§ **Work item**
Retype the whole listing that follows, with nothing added or left out.

§ **Records shown**
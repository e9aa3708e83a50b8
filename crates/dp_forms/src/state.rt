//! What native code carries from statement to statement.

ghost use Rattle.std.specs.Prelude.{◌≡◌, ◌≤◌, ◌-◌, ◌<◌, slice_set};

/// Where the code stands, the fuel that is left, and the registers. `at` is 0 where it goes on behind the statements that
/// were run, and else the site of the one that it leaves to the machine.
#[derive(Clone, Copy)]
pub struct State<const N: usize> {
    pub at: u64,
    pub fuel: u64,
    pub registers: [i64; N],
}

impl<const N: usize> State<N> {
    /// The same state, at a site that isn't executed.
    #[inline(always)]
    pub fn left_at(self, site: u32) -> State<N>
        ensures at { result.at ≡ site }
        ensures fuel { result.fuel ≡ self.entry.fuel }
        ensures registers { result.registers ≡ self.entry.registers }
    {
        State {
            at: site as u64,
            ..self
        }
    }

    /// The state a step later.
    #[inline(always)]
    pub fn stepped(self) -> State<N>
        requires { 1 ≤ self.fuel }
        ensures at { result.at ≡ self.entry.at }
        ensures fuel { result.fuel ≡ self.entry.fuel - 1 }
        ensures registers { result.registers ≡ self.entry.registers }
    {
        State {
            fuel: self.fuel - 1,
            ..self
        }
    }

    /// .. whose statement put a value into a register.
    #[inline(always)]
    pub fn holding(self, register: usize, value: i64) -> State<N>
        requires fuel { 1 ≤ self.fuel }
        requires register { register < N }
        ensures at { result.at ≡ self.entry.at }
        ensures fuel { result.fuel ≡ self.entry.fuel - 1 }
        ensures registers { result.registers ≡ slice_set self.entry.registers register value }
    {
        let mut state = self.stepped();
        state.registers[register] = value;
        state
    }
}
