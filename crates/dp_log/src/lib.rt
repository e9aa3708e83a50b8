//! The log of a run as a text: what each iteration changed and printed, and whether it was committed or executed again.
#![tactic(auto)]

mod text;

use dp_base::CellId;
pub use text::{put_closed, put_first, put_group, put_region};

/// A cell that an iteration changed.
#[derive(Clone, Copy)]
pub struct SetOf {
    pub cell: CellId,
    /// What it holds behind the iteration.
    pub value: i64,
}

§ **Written solution**
repository e9aa3708e83a50b8
filename crates/dp_forms/src/state.rt
//! What native code carries from statement to statement.

ghost use Rattle.std.specs.Prelude.{◌≡◌, ◌≤◌, ◌-◌, ◌<◌, slice_set};

/// Where the code stands, the fuel that is left, and the registers. `at` is 0 where it goes on behind the statements that
/// were run, and else the site of the one that it leaves to the machine.
#[derive(Clone, Copy)]
pub struct State<const N: usize> {
    pub at: u64,
    pub fuel: u64,
    pub registers: [i64; N],
}

impl<const N: usize> State<N> {
    /// The same state, at a site that isn't executed.
    #[inline(always)]
    pub fn left_at(self, site: u32) -> State<N>
        ensures at { result.at ≡ site }
        ensures fuel { result.fuel ≡ self.entry.fuel }
        ensures registers { result.registers ≡ self.entry.registers }
    {
        State {
            at: site as u64,
            ..self
        }
    }

    /// The state a step later.
    #[inline(always)]
    pub fn stepped(self) -> State<N>
        requires { 1 ≤ self.fuel }
        ensures at { result.at ≡ self.entry.at }
        ensures fuel { result.fuel ≡ self.entry.fuel - 1 }
        ensures registers { result.registers ≡ self.entry.registers }
    {
        State {
            fuel: self.fuel - 1,
            ..self
        }
    }

    /// .. whose statement put a value into a register.
    #[inline(always)]
    pub fn holding(self, register: usize, value: i64) -> State<N>
        requires fuel { 1 ≤ self.fuel }
        requires register { register < N }
        ensures at { result.at ≡ self.entry.at }
        ensures fuel { result.fuel ≡ self.entry.fuel - 1 }
        ensures registers { result.registers ≡ slice_set self.entry.registers register value }
    {
        let mut state = self.stepped();
        state.registers[register] = value;
        state
    }
}
filename crates/dp_log/src/lib.rt
repository e9aa3708e83a50b8
//! The log of a run as a text: what each iteration changed and printed, and whether it was committed or executed again.
#![tactic(auto)]

mod text;

use dp_base::CellId;
pub use text::{put_closed, put_first, put_group, put_region};

/// A cell that an iteration changed.
#[derive(Clone, Copy)]
pub struct SetOf {
    pub cell: CellId,
    /// What it holds behind the iteration.
    pub value: i64,
}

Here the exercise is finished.